| PROBLEM TO WORK ON |
The required output is the lines below from the line containing "size_of (drop from.place dual.now))" to the line containing "file.now) o.0)) ≤", inclusive, retyped exactly. No other lines belong in it.

**********

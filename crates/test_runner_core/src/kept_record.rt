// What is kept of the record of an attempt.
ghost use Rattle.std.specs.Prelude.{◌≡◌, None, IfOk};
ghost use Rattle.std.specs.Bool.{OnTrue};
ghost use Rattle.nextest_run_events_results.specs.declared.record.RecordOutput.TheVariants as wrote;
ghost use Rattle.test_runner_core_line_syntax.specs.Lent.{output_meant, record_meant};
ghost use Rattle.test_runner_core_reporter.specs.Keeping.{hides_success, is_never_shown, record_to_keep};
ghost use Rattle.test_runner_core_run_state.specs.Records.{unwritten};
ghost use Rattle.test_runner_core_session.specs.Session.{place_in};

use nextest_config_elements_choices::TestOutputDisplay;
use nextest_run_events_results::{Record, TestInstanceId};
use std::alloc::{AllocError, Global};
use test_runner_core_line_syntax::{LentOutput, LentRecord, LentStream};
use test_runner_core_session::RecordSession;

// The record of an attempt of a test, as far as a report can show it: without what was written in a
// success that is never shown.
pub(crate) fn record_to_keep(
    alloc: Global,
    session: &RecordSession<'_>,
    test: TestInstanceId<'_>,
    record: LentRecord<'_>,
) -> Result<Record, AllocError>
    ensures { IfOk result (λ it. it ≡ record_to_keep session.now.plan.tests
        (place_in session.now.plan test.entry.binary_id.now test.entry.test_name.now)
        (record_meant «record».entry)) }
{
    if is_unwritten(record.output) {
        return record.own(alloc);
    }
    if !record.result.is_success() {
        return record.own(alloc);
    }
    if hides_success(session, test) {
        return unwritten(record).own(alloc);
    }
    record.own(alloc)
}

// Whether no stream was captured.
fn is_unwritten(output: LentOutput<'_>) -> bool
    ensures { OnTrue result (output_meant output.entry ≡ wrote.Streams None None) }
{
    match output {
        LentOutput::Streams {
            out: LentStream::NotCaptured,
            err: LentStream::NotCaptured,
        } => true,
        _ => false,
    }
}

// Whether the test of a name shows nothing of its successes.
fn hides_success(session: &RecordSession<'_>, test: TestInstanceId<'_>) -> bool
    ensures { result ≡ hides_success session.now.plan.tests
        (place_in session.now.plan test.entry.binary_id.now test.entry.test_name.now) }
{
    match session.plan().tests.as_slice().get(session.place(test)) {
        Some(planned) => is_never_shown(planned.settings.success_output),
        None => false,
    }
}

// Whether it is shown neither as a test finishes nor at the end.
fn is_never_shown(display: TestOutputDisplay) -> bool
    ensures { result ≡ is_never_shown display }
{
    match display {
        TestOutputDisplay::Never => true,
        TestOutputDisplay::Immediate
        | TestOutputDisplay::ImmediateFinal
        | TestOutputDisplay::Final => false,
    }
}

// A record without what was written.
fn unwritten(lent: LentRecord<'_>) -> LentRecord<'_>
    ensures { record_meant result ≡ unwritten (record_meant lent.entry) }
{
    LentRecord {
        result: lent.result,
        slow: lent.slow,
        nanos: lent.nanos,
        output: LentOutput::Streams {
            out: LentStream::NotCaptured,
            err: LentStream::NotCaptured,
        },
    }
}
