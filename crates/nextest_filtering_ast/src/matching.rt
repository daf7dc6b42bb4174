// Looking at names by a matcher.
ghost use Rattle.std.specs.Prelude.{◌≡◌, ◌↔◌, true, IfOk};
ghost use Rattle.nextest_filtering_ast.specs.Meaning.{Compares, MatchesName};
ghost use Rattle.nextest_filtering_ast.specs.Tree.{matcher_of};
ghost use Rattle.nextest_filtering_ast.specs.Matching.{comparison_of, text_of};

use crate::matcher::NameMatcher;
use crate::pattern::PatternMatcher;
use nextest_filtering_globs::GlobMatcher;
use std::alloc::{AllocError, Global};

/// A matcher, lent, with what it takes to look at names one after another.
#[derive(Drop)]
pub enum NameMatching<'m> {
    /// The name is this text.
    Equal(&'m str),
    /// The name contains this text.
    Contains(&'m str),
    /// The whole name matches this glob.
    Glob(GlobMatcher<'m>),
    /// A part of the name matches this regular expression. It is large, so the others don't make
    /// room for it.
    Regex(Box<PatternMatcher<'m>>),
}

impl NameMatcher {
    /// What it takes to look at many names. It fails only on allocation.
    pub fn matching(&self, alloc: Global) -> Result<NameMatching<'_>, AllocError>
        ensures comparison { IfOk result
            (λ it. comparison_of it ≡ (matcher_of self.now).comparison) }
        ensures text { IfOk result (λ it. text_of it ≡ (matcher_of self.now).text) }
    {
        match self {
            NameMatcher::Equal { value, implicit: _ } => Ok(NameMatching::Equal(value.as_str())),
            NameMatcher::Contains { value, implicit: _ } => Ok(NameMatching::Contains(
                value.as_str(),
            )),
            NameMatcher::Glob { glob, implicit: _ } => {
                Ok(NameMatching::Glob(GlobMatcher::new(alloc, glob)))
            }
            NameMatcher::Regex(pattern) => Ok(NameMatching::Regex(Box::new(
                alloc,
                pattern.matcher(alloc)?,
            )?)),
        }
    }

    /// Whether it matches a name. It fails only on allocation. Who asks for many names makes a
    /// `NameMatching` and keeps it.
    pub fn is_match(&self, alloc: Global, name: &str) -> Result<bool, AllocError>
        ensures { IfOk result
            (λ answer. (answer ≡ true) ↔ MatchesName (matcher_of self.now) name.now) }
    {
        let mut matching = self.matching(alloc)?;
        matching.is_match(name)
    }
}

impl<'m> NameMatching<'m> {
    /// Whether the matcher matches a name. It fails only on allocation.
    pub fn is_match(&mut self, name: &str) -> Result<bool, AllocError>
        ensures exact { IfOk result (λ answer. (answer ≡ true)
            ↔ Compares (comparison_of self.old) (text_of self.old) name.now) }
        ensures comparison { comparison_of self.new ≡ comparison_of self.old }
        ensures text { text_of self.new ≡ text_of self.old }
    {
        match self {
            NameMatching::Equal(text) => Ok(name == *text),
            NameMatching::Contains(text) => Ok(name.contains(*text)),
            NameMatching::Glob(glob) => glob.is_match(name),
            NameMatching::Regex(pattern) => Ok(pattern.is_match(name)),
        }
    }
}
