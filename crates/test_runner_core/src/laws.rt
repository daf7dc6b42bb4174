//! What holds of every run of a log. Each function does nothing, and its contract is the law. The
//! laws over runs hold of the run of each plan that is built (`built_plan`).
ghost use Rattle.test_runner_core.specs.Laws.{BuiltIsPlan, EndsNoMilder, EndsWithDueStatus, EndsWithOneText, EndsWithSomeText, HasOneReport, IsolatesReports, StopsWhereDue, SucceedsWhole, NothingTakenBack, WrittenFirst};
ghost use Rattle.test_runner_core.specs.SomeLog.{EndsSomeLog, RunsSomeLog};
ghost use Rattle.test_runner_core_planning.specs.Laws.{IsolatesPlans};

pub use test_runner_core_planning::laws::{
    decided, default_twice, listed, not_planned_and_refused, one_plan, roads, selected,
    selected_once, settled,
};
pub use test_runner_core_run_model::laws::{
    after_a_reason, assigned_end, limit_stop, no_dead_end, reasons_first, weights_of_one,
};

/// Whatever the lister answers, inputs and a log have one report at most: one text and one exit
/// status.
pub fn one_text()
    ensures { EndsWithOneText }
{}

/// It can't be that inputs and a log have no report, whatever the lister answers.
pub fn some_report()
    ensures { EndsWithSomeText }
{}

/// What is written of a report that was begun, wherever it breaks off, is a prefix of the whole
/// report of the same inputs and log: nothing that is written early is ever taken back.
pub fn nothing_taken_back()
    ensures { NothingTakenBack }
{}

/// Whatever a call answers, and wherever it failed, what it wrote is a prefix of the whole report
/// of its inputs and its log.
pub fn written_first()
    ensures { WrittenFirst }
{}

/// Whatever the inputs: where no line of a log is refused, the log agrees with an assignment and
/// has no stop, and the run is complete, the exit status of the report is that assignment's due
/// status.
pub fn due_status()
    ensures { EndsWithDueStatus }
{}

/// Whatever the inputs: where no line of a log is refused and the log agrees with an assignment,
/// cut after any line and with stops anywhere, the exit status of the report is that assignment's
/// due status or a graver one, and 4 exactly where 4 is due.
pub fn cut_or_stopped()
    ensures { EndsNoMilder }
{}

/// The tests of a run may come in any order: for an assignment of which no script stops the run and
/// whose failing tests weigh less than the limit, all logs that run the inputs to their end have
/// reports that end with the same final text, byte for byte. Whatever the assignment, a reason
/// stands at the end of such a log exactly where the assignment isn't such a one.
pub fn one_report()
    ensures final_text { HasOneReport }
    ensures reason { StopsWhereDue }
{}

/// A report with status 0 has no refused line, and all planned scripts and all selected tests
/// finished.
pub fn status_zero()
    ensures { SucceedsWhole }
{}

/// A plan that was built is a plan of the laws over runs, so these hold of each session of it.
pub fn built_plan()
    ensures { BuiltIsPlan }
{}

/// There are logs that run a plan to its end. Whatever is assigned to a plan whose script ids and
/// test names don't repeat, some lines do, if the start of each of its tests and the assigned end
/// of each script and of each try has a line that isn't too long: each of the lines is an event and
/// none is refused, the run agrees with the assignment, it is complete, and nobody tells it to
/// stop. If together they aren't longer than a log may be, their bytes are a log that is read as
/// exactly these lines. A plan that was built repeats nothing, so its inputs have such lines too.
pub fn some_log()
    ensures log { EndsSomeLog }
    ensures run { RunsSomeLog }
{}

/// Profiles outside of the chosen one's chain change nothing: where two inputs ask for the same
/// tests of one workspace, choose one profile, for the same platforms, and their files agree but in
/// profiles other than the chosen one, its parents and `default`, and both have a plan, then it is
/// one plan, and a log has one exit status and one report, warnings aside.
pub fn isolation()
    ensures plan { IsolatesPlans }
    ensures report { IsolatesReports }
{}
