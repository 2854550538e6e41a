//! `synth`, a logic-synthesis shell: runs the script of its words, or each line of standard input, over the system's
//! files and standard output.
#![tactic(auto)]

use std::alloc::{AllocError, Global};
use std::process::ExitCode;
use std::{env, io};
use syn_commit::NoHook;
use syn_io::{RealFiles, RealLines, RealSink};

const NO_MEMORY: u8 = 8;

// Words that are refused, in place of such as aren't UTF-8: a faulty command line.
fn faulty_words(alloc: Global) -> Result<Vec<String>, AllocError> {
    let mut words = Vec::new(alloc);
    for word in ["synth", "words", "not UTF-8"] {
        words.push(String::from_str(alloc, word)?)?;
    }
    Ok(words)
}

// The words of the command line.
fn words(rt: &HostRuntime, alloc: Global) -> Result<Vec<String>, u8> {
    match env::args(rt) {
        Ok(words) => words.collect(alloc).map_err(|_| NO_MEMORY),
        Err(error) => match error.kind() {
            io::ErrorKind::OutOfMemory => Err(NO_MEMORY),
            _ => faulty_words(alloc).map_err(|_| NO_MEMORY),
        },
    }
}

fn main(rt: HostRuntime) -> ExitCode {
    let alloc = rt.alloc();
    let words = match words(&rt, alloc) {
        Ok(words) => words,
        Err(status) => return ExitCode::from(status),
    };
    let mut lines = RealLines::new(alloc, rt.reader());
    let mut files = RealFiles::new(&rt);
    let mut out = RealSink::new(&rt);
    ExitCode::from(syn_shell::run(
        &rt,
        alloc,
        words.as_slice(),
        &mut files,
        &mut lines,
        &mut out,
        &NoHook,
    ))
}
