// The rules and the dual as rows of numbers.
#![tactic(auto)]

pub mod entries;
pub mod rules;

**********

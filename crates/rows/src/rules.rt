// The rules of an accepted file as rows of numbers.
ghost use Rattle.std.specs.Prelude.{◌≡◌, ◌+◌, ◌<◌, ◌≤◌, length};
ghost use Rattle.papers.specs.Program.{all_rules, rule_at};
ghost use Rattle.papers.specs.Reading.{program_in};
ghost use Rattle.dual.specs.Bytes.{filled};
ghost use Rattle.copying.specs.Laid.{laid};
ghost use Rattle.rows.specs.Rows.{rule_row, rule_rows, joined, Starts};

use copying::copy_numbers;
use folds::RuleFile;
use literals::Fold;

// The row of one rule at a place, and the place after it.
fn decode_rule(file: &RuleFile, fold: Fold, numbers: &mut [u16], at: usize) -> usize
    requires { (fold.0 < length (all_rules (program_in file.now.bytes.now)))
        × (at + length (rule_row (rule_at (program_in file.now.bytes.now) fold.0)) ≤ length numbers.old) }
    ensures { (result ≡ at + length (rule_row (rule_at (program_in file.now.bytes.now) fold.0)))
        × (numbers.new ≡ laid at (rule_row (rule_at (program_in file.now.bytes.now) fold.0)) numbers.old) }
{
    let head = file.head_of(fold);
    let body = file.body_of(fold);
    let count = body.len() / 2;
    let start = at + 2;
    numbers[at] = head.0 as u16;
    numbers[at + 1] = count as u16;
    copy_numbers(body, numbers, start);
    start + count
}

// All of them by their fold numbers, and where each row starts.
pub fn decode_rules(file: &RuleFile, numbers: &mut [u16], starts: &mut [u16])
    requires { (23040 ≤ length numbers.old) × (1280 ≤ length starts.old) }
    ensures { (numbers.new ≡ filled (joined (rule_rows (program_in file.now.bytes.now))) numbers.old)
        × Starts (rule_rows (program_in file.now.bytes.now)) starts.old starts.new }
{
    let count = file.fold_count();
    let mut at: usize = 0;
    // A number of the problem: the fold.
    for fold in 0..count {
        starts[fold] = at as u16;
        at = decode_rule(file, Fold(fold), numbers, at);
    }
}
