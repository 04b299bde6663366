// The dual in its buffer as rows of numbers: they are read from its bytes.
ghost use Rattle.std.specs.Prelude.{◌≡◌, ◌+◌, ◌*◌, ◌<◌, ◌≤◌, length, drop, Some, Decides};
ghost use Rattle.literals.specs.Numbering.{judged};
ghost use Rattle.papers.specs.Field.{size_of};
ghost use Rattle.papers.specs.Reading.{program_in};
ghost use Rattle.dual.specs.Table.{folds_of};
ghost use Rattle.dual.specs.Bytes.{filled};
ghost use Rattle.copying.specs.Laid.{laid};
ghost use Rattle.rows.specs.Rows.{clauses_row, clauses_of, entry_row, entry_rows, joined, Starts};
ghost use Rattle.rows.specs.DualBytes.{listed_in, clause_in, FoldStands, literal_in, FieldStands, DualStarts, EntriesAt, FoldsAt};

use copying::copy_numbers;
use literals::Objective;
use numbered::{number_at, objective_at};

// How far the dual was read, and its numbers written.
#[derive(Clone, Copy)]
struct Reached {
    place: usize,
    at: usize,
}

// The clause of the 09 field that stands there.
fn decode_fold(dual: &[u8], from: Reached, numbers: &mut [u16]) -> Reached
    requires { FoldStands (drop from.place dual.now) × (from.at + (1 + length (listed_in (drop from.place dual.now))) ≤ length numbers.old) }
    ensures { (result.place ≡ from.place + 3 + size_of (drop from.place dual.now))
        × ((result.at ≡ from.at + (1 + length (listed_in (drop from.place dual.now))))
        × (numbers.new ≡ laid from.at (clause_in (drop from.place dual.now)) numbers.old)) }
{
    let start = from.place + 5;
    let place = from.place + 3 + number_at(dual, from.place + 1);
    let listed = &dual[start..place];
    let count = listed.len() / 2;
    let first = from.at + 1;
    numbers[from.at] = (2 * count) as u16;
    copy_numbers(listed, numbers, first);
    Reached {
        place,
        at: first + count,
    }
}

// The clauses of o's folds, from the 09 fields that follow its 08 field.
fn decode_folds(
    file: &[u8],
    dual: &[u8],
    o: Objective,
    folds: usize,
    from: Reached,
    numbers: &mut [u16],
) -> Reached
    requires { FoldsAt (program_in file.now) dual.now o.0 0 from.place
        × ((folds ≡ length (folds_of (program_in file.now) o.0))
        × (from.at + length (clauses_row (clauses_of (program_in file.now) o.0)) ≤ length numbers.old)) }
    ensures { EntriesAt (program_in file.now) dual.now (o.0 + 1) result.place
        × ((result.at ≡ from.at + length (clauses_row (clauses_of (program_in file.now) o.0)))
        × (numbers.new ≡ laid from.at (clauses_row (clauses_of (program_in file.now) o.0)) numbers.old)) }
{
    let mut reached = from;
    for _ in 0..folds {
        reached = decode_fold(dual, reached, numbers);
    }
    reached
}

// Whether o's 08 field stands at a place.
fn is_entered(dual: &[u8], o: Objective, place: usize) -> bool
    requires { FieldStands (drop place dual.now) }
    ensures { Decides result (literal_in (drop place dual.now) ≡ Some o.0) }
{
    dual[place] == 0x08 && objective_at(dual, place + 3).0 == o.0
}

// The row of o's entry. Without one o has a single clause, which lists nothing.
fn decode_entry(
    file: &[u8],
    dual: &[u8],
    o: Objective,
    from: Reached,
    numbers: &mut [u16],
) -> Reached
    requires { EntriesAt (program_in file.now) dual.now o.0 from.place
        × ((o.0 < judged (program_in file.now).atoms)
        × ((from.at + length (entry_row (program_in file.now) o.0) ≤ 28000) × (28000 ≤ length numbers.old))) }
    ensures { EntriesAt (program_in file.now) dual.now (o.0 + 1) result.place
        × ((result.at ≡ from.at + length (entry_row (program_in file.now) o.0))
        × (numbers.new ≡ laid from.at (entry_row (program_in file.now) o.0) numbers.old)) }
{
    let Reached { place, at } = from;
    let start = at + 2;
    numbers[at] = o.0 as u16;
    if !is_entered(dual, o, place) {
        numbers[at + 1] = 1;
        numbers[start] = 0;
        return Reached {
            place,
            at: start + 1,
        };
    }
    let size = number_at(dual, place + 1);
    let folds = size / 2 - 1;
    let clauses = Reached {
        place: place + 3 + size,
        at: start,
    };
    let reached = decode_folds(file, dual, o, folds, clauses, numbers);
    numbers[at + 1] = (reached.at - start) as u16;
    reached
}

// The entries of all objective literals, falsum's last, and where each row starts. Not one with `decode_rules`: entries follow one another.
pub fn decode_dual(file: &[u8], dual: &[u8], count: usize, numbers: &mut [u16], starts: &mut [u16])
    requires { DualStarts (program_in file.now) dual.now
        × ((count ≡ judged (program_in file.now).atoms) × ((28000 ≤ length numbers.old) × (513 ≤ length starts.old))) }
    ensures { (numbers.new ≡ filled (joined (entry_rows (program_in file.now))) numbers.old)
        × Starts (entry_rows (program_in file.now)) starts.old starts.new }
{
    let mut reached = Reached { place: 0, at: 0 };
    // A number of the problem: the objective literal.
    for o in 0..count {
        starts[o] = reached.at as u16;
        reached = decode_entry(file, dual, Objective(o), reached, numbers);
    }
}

**********

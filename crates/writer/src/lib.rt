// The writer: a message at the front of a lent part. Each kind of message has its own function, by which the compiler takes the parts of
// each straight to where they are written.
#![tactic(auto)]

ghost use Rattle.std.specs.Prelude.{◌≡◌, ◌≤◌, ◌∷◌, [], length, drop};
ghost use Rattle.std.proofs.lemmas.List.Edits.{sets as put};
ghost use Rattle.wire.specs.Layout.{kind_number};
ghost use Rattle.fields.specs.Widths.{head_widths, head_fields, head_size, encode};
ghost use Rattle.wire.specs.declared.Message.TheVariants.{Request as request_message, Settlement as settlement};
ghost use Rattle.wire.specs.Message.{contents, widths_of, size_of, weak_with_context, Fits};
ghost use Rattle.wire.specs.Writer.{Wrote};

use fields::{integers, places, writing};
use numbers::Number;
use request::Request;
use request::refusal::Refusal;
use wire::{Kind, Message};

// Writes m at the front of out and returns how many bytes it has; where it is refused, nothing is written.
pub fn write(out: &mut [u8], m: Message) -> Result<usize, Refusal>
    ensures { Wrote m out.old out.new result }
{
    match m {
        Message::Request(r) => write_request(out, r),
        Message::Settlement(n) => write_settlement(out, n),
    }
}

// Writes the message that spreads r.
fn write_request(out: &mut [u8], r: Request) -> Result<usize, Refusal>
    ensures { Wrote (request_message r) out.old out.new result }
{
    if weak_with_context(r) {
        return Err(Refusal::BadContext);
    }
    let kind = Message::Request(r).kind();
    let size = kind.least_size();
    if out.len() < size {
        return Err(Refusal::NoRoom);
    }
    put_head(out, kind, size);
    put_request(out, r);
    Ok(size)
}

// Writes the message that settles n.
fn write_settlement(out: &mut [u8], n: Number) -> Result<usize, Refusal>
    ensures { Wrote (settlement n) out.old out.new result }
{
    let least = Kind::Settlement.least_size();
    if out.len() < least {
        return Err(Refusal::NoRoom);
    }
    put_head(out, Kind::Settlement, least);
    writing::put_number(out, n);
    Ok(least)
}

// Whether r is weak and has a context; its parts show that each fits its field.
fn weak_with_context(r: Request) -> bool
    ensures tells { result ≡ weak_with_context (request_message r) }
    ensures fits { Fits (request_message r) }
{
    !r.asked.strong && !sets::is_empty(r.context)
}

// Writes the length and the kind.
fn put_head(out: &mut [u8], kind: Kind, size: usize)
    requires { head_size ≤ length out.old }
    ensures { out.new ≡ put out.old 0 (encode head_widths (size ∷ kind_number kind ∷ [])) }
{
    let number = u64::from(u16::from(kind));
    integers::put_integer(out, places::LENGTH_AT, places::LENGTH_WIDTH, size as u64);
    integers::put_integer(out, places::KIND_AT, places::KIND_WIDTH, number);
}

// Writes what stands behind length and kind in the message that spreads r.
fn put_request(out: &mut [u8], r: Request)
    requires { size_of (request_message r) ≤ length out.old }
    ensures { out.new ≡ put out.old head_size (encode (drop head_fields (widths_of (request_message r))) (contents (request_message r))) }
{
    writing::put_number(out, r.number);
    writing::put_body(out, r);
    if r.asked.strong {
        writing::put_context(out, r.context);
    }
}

**********

| YOUR RESPONSE |
    ensures { (result.place ≡ from.place + 3 + size_of (drop from.place dual.now))
        × ((result.at ≡ from.at + (1 + length (listed_in (drop from.place dual.now))))
        × (numbers.new ≡ laid from.at (clause_in (drop from.place dual.now)) numbers.old)) }
{
    let start = from.place + 5;
    let place = from.place + 3 + number_at(dual, from.place + 1);
    let listed = &dual[start..place];
    let count = listed.len() / 2;
    let first = from.at + 1;
    numbers[from.at] = (2 * count) as u16;
    copy_numbers(listed, numbers, first);
    Reached {
        place,
        at: first + count,
    }
}

// The clauses of o's folds, from the 09 fields that follow its 08 field.
fn decode_folds(
    file: &[u8],
    dual: &[u8],
    o: Objective,
    folds: usize,
    from: Reached,
    numbers: &mut [u16],
) -> Reached
    requires { FoldsAt (program_in file.now) dual.now o.0 0 from.place
        × ((folds ≡ length (folds_of (program_in file.now) o.0))
        × (from.at + length (clauses_row (clauses_of (program_in file.now) o.0)) ≤ length numbers.old)) }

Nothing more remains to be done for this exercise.